Figure 6. Loss of Fmrp leads to a deficit in the Wnt signaling pathway and reduced Neurog1 expression in aNPCs.

(A) In differentiating Fmr1 KO aNPCs (24 hours after initiation of differentiation), the GSK3β protein level was higher and β-catenin protein level was lower compared with differentiating WT aNPCs. (B) Differentiating Fmr1 KO aNPCs have defective Wnt signaling, as indicated by the level of TCF/LEF-luciferase activity. A mutant promoter with the TCF/LEF site mutated was used as a negative control (n = 3). (C–F) The GSK3β inhibitor SB216763 (SB) could partially rescue the reduced neuronal (C,D) and increased astrocyte (E,F) differentiation deficits of Fmr1 KO aNPCs. SB (dissolved in DMSO) was added at initiation of differentiation at 4 µM. An equal amount of DMSO was added to WT and KO control aNPCs. Cell differentiation was assessed by the relative mRNA levels of NeuroD1 (C), Tuj1 (D), GFAP (E), and aquporin4 (F). GAPDH mRNA levels were used as an internal control. (G) Real-time quantitative PCR results show that early differentiating (24 hours) WT aNPCs transiently express high levels of Neurog1 (∼10-fold induction compared with 0 hour; n = 4). This Neurog1 induction is drastically impaired in differentiating (24 hours) Fmr1 KO aNPCs (<2×-fold; n = 4). Proliferating aNPCs (0 hour), and later differentiating (48 hours) cells, expressed a minimal level of Neurog1. Inset, similar results obtained by regular RT-PCR. (H) The Wnt receptor ligand, Wnt3a, is required for activating the Neurog1 promoter during differentiation. In the presence of Wnt3a, Neurog1 promoter activity was significantly lower in Fmr1 KO aNPCs compared with WT cells. Neurog1 promoter activity was undetectable in the absence of Wnt3a (n = 3). (I) Exogenously expressed wild-type Fmr1, but not mutant Fmr1, could promote the Neurog1 transcription as assessed by Neurog1 promoter activities in both Fmr1 KO and WT aNPCs (n = 3). All data are shown as mean ± SEM, and Student's t-test was used for all the analyses. *, p<0.05, **, p<0.01***, p<0.001.

Figure 7. Neurog1 regulates the fate specification of aNPCs.

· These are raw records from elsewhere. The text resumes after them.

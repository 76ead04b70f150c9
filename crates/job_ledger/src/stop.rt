//! Why a call of a ledger stopped.
ghost use Rattle.std.specs.Prelude.{◌≡◌};

use poly_io::Failed;
use std::alloc::{AllocError, AllocFailed};

/// Why a call of a ledger was refused.
#[derive(Clone, Copy, Debug, PartialEq, Eq)]
pub enum LedgerStop {
    /// The file is empty, or its first gate is closed.
    NoRun,
    /// The first gate is open.
    HasRun,
    /// The first record whose layout is broken, counted from 1.
    BadLedger { place: u64 },
    /// With the next record the file would have `need` bytes (2^64 - 1 where that is less), and may have `limit`.
    LedgerLimit { need: u64, limit: u64 },
    /// A call of the disk failed. The ledger is given up.
    DiskFault,
    /// Memory was refused.
    Memory,
}

impl From<Failed> for LedgerStop {
    ghost use Rattle.job_ledger.specs.declared.stop.LedgerStop.TheVariants.{DiskFault};
    ghost use Rattle.std.specs.Prelude.{◌≡◌};

    ghost from_gives = { λ _ e. e ≡ DiskFault };

    fn from(_: Failed) -> LedgerStop {
        LedgerStop::DiskFault
    }
}

impl From<AllocError> for LedgerStop {
    ghost use Rattle.job_ledger.specs.declared.stop.LedgerStop.TheVariants.{Memory};
    ghost use Rattle.std.specs.Prelude.{◌≡◌};

    ghost from_gives = { λ _ e. e ≡ Memory };

    fn from(_: AllocError) -> LedgerStop {
        LedgerStop::Memory
    }
}

impl<T: Drop> From<AllocFailed<T>> for LedgerStop {
    ghost use Rattle.job_ledger.specs.declared.stop.LedgerStop.TheVariants.{Memory};
    ghost use Rattle.std.specs.Prelude.{◌≡◌};

    ghost from_gives = { λ _ e. e ≡ Memory };

    fn from(_: AllocFailed<T>) -> LedgerStop {
        LedgerStop::Memory
    }
}
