//! The length in front of a payload: 13 decimal digits and LF.
ghost use Rattle.std.specs.Prelude.{true, false, ◌≡◌, ◌<◌, ◌^◌, ◌-◌, ◌++◌, ℕ, List, length, IsTrue, ◌↔◌, MatchOption, OnOk, min};
ghost use Rattle.job_ledger.specs.Records.{digits, header};
ghost use Rattle.job_ledger.specs.Values.{decimal_value};

use std::alloc::AllocError;

/// How many digits a length has.
const DIGITS: usize = 13;

/// No length is this much.
const TOO_LONG: u64 = 10_000_000_000_000;

fn push_digits(bytes: &mut Vec<u8>, n: u64, count: usize) -> Result<(), AllocError>
    ensures { OnOk result (bytes.new.items ≡ bytes.old.items ++ digits count n) }
{
    if count == 0 {
        return Ok(());
    }
    push_digits(bytes, n / 10, count - 1)?;
    bytes.push(48 + (n % 10) as u8)?;
    Ok(())
}

/// Writes a length behind the bytes. One that 13 digits cannot say is cut to its last 13.
pub(crate) fn push_header(bytes: &mut Vec<u8>, len: u64) -> Result<(), AllocError>
    ensures { OnOk result (bytes.new.items ≡ bytes.old.items ++ header len) }
{
    push_digits(bytes, len, DIGITS)?;
    bytes.push(b'\n')?;
    Ok(())
}

/// The number that a text of digits says, or the greatest one where it passes; any other byte counts as some digit.
fn value(text: &[u8]) -> u64
    ensures { result ≡ min (decimal_value text.now) (2 ^ 64 - 1) }
{
    let mut value = 0u64;
    for byte in text {
        value = value
            .saturating_mul(10)
            .saturating_add(byte.saturating_sub(48) as u64);
    }
    value
}

/// Whether a text is the last digits of a number.
fn is_digits_of(text: &[u8], n: u64) -> bool
    ensures yes { result ≡ true → text.now ≡ digits (length text.now) n }
    ensures no { result ≡ false → text.now ≡ digits (length text.now) n → ⊥ }
{
    match text {
        [] => true,
        [front @ .., last] => {
            if *last != 48 + (n % 10) as u8 {
                return false;
            }
            is_digits_of(front, n / 10)
        }
    }
}

/// The length that a header says; none where the text is no header.
pub(crate) fn size_of(text: &[u8]) -> Option<u64>
    ensures { MatchOption result ((n : ℕ) → n < 10 ^ 13 → text.now ≡ header n → ⊥) (λ n. (text.now ≡ header n) × (n < 10 ^ 13)) }
{
    if text.len() != DIGITS + 1 {
        return None;
    }
    if text[DIGITS] != b'\n' {
        return None;
    }
    let n = value(&text[..DIGITS]);
    if n >= TOO_LONG {
        return None;
    }
    if is_digits_of(&text[..DIGITS], n) {
        Some(n)
    } else {
        None
    }
}
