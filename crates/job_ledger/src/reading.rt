//! Reads bytes of a file into a vector.
ghost use Rattle.std.specs.Prelude.{◌≡◌, ◌<◌, ◌+◌, ◌^◌, List, ℕ, take, drop, OnOk};
ghost use Rattle.disk_core.specs.Contents.{Told};
ghost use Rattle.disk_core.specs.Moments.{IsQuiet};
ghost use Rattle.job_ledger.specs.Stops.{IsCaused, StopsByDevice};

use crate::LedgerStop;
use disk_core::{Disk, read_full};

/// Puts so many bytes from an offset on in the place of what `bytes` holds; fewer where the file ends early.
pub(crate) fn read_into<D: Disk>(
    disk: &mut D,
    at: u64,
    len: u64,
    bytes: &mut Vec<u8>,
) -> Result<(), LedgerStop>
    requires { at + len < 2 ^ 64 }
    ensures quiet { IsQuiet D.seen D.images D.moment D.since disk.old disk.new }
    ensures bytes { OnOk result (Told (D.seen disk.old) (λ f. bytes.new.items ≡ take len (drop at f))) }
    ensures stops { StopsByDevice result }
    ensures cause { IsCaused (D.faults disk.old) (D.faults disk.new) result }
{
    bytes.resize(len as usize, 0)?;
    let count = read_full(disk, at, bytes)?;
    bytes.truncate(count);
    Ok(())
}
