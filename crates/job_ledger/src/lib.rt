//! Records in one file, which outlive a crash.
#![tactic(auto)]

mod entry;
mod gate;
mod header;
mod laws;
mod ledger;
mod reading;
mod span;
mod stop;
mod walk;
mod window;

pub use laws::one_layout;
pub use ledger::Ledger;
pub use stop::LedgerStop;

#[cfg(test)]
mod tests;
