//! The gates of a file: the first one, and the one that is opened once its record is there.
ghost use Rattle.std.specs.Prelude.{true, false, ◌≡◌, ◌⊎◌, ◌<◌, ◌+◌, ◌^◌, ◌++◌, ◌∷◌, [], List, ℕ, Some, length, OnOk, IfOk, IsErrOf};
ghost use Rattle.poly_io.specs.Causes.{HasCause};
ghost use Rattle.disk_core.specs.Contents.{Told};
ghost use Rattle.disk_core.specs.Images.{Only};
ghost use Rattle.disk_core.specs.Moments.{IsQuiet, LeavesOnly};
ghost use Rattle.job_ledger.specs.Records.{HasNoRun, IsOpen, IsShort, Records, RecordsOldOrNew, frame};
ghost use Rattle.job_ledger.specs.Stops.{IsCaused};
ghost use Rattle.job_ledger.specs.Walks.{Stand};

use crate::LedgerStop;
use crate::entry::OPEN;
use disk_core::{Disk, cut_synced, file_len, read_full, sync_file, write_synced};
use poly_io::Failed;

fn begins_open(bytes: &[u8]) -> bool
    ensures open { result ≡ true → IsOpen bytes.now }
    ensures shut { result ≡ false → HasNoRun bytes.now }
{
    match bytes {
        [gate, ..] => *gate == OPEN,
        [] => false,
    }
}

/// Whether the first gate is open.
fn is_open<D: Disk>(disk: &mut D) -> Result<bool, Failed>
    ensures quiet { IsQuiet D.seen D.images D.moment D.since disk.old disk.new }
    ensures open { IfOk result (λ b. Told (D.seen disk.old) (λ f. b ≡ true → IsOpen f)) }
    ensures shut { IfOk result (λ b. Told (D.seen disk.old) (λ f. b ≡ false → HasNoRun f)) }
    ensures cause { HasCause (D.faults disk.old) (D.faults disk.new) result }
{
    let mut gate = [0u8; 1];
    let count = read_full(disk, 0, &mut gate)?;
    Ok(begins_open(&gate[..count]))
}

/// Syncs a file that has no run, and answers its length.
pub(crate) fn without_run<D: Disk>(disk: &mut D) -> Result<u64, LedgerStop>
    ensures leaves { LeavesOnly D.moment D.since disk.old disk.new (D.images disk.old) }
    ensures none { IfOk result (λ n. Told (D.seen disk.old) (λ f. (n ≡ length f) × HasNoRun f)) }
    ensures same { OnOk result (Told (D.seen disk.old) (λ f. (D.seen disk.new ≡ Some f) × Only f (D.images disk.new))) }
    ensures has { IsErrOf result LedgerStop.HasRun → Told (D.seen disk.old) (λ f. IsOpen f × (D.seen disk.new ≡ Some f)) }
    ensures only { (stop : LedgerStop) → IsErrOf result stop → (stop ≡ LedgerStop.HasRun) ⊎ (stop ≡ LedgerStop.DiskFault) }
    ensures cause { IsCaused (D.faults disk.old) (D.faults disk.new) result }
{
    sync_file(disk)?;
    if is_open(disk)? {
        return Err(LedgerStop::HasRun);
    }
    Ok(file_len(disk)?)
}

/// Makes a closed first gate where a file of this size, which has no run, has none.
fn first_gate<D: Disk>(disk: &mut D, size: u64) -> Result<(), Failed>
    ensures moments { Told (D.seen disk.old) (λ f. size ≡ length f → HasNoRun f → Only f (D.images disk.old)
        → LeavesOnly D.moment D.since disk.old disk.new HasNoRun) }
    ensures done { OnOk result (Told (D.seen disk.old) (λ f. size ≡ length f → HasNoRun f → Only f (D.images disk.old)
        → (g : List ℕ) × (D.seen disk.new ≡ Some g) × Records [] g × Only g (D.images disk.new))) }
    ensures cause { HasCause (D.faults disk.old) (D.faults disk.new) result }
{
    if size == 0 {
        return cut_synced(disk, 1);
    }
    Ok(())
}

/// Writes a record and a closed gate behind the closed gate at `end`, and once that is on the disk opens the gate.
pub(crate) fn write_record<D: Disk>(disk: &mut D, end: u64, bytes: &[u8]) -> Result<(), Failed>
    requires { end + 1 < 2 ^ 64 }
    // A crash at any moment leaves the records from before, with the new one or without.
    ensures moments { Told (D.seen disk.old) (λ f. (payloads : List (List ℕ)) (payload : List ℕ)
        → Stand payloads f end → IsShort payload → Only f (D.images disk.old) → bytes.now ≡ frame payload ++ 0 ∷ []
        → LeavesOnly D.moment D.since disk.old disk.new (RecordsOldOrNew payloads payload)) }
    ensures kept { OnOk result (Told (D.seen disk.old) (λ f. (payloads : List (List ℕ)) (payload : List ℕ)
        → Stand payloads f end → IsShort payload → bytes.now ≡ frame payload ++ 0 ∷ []
        → (g : List ℕ) × (D.seen disk.new ≡ Some g) × Only g (D.images disk.new) × Records (payloads ++ payload ∷ []) g)) }
    ensures cause { HasCause (D.faults disk.old) (D.faults disk.new) result }
{
    write_synced(disk, end + 1, bytes)?;
    write_synced(disk, end, &[OPEN])
}

/// Writes the first record of a file of this size, which has no run.
pub(crate) fn write_first<D: Disk>(disk: &mut D, size: u64, bytes: &[u8]) -> Result<(), Failed>
    ensures moments { Told (D.seen disk.old) (λ f. (payload : List ℕ)
        → size ≡ length f → HasNoRun f → IsShort payload → Only f (D.images disk.old) → bytes.now ≡ frame payload ++ 0 ∷ []
        → LeavesOnly D.moment D.since disk.old disk.new (λ c. HasNoRun c ⊎ Records (payload ∷ []) c)) }
    ensures kept { OnOk result (Told (D.seen disk.old) (λ f. (payload : List ℕ)
        → size ≡ length f → HasNoRun f → IsShort payload → Only f (D.images disk.old) → bytes.now ≡ frame payload ++ 0 ∷ []
        → (g : List ℕ) × (D.seen disk.new ≡ Some g) × Only g (D.images disk.new) × Records (payload ∷ []) g)) }
    ensures cause { HasCause (D.faults disk.old) (D.faults disk.new) result }
{
    first_gate(disk, size)?;
    write_record(disk, 0, bytes)
}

(A,B) Exogenously expressed Neurog1 could rescue the neuronal and astrocyte differentiation deficits of Fmr1 KO aNPCs, as assessed by real-time PCR of neuron (NeuroD1 and Tuj1) and astrocyte (GFAP and aquaporin4)-specific gene expression (n = 3; Control, pCDNA3 empty vector) (C) Neurog1-siRNA could specifically reduce the Neurog1 protein expression from a co-transfected Neurog1 expression vector. siRNA-2 was more effective at reducing Neurog1 protein expression, and was therefore used in all functional tests. NC-siRNA: Nonsilencing Control siRNA. (D,E) Acute knockdown of Neurog1 expression in aNPCs led to reduced neuronal differentiation (D), but increased astrocyte differentiation (E) in WT aNPCs, as assessed by real-time PCR of cell lineage-specific genes (n = 3). Cell differentiation was assessed by the relative mRNA levels of NeuroD1 (A and D, left), Tuj1 (A and D, right), GFAP (B and E, left), and aquporin4 (B and E, right). GAPDH mRNA levels were used as an internal control for all real-time PCR analyses, unless stated otherwise. (F) Model of Fmrp functions in adult neurogenesis. By regulating the translation of cyclin D1 and CDK4, Fmrp controls the proliferation of aNPCs. By controlling the translation of GSK3β, Fmrp maintains the proper intracellular levels of β-catenin and Wnt signaling. Upon differentiation, β-catenin positively regulates the expression of Neurog1, which promotes neuronal differentiation and represses glial differentiation. All data are shown as mean ± SEM, and Student's t-test was used for all the analyses. *, p<0.05; ***, p<0.001.